10 Mr Bannon has been very persuasive in his arguments and has pointed out strongly the disadvantages which the defendants have been placed under and which may have been mitigated had the plaintiff acted more promptly in bringing the matter to light by communicating his diagnosis to the defendants and to the Court. On the other hand Mr Bannon's persuasiveness should not distract from the fact that the defendants are now seeking a litigious advantage: they are seeking to preclude a situation in which the degree of credibility of the plaintiff's evidence may be improved by even limited cross examination.
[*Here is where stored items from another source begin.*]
//! Formats with choices and sizes, as `./format` prints them from the descriptions in `formats/`.
//!
//! - [`message`]: a body of one of several types, chosen by a tag: a Rust enum, and no field that could
//!   contradict it
//! - [`signal`]: choices with a case for all other numbers, or whose cases have all numbers
//! - [`event`]: a choice by a field before it
//! - [`packet`], [`frame`]: parts after their size in bytes, which limits the reader
//! - [`log`]: lists that fill their size in bytes
//! - [`hello`]: the ClientHello of TLS 1.2, with its [`extensions`]: an unknown [`extension`] keeps its bytes
//! - [`ipv4_datagram`], [`tls_record`]: bytes of a stated size, of which one is in words
//! - [`png_chunk`], [`png_file`]: a checksum, and parts up to the end
//! - [`dns_message`]: lists of parts with lists. A [`dns_name`] is labels up to the last one, which is an empty
//!   one or a pointer; [`dns_label`], [`dns_question`], [`dns_record`]
//! - [`acl_packet`]: a number that is computed from the lines after it
//! - [`ack`], [`dns_pointer`], [`dns_text`], [`mark`], [`notes`], [`renegotiation`]: parts
#![tactic(auto)]

pub mod ack;
pub mod acl_packet;
pub mod dns_label;
pub mod dns_message;
pub mod dns_name;
pub mod dns_pointer;
pub mod dns_question;
pub mod dns_record;
pub mod dns_text;
pub mod event;
pub mod extension;
pub mod extensions;
pub mod frame;
pub mod hello;
pub mod ipv4_datagram;
pub mod log;
pub mod mark;
pub mod message;
pub mod notes;
pub mod packet;
pub mod png_chunk;
pub mod png_file;
pub mod renegotiation;
pub mod signal;
pub mod tls_record;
They are right in saying that the situation faced by the trial Judge will not be an easy one. He or she will have the advantage, if I make the order along the lines contemplated by both parties, of having a videotape recording of the examination. On the other hand, the task of assessing the credibility of the plaintiff’s evidence in the light of his illness and fatigue will not be an easy one.
11 Nonetheless, the plaintiff would be severely prejudiced by preclusion from an opportunity of demonstrating to the Court, by his answers in cross examination, that his evidence in contested matters is credible. It seems to me that the injustice of this preclusion would outweigh the opposing factors I have discussed. In coming to this conclusion it seems to me that it is not clearly demonstrated that the course followed was dictated by him to gain some advantage. In fact, it has probably operated to his disadvantage.
12 Although I have not found the matter an easy one, I have come to the conclusion that I should appoint an examiner to take the cross examination of the plaintiff as sought by Mr Jackman, of Senior Counsel for the plaintiff. I should add that Mr Jackman was not involved in the process, which I have found curious, which took place in the plaintiff's camp between June and now. He has only recently been retained in the matter and the present application was brought to a head swiftly after he assumed the brief.
13 Short minutes should be brought in to give effect to my decision. The short minutes should include directions relating to various steps discussed during argument to minimise prejudice to the defendants.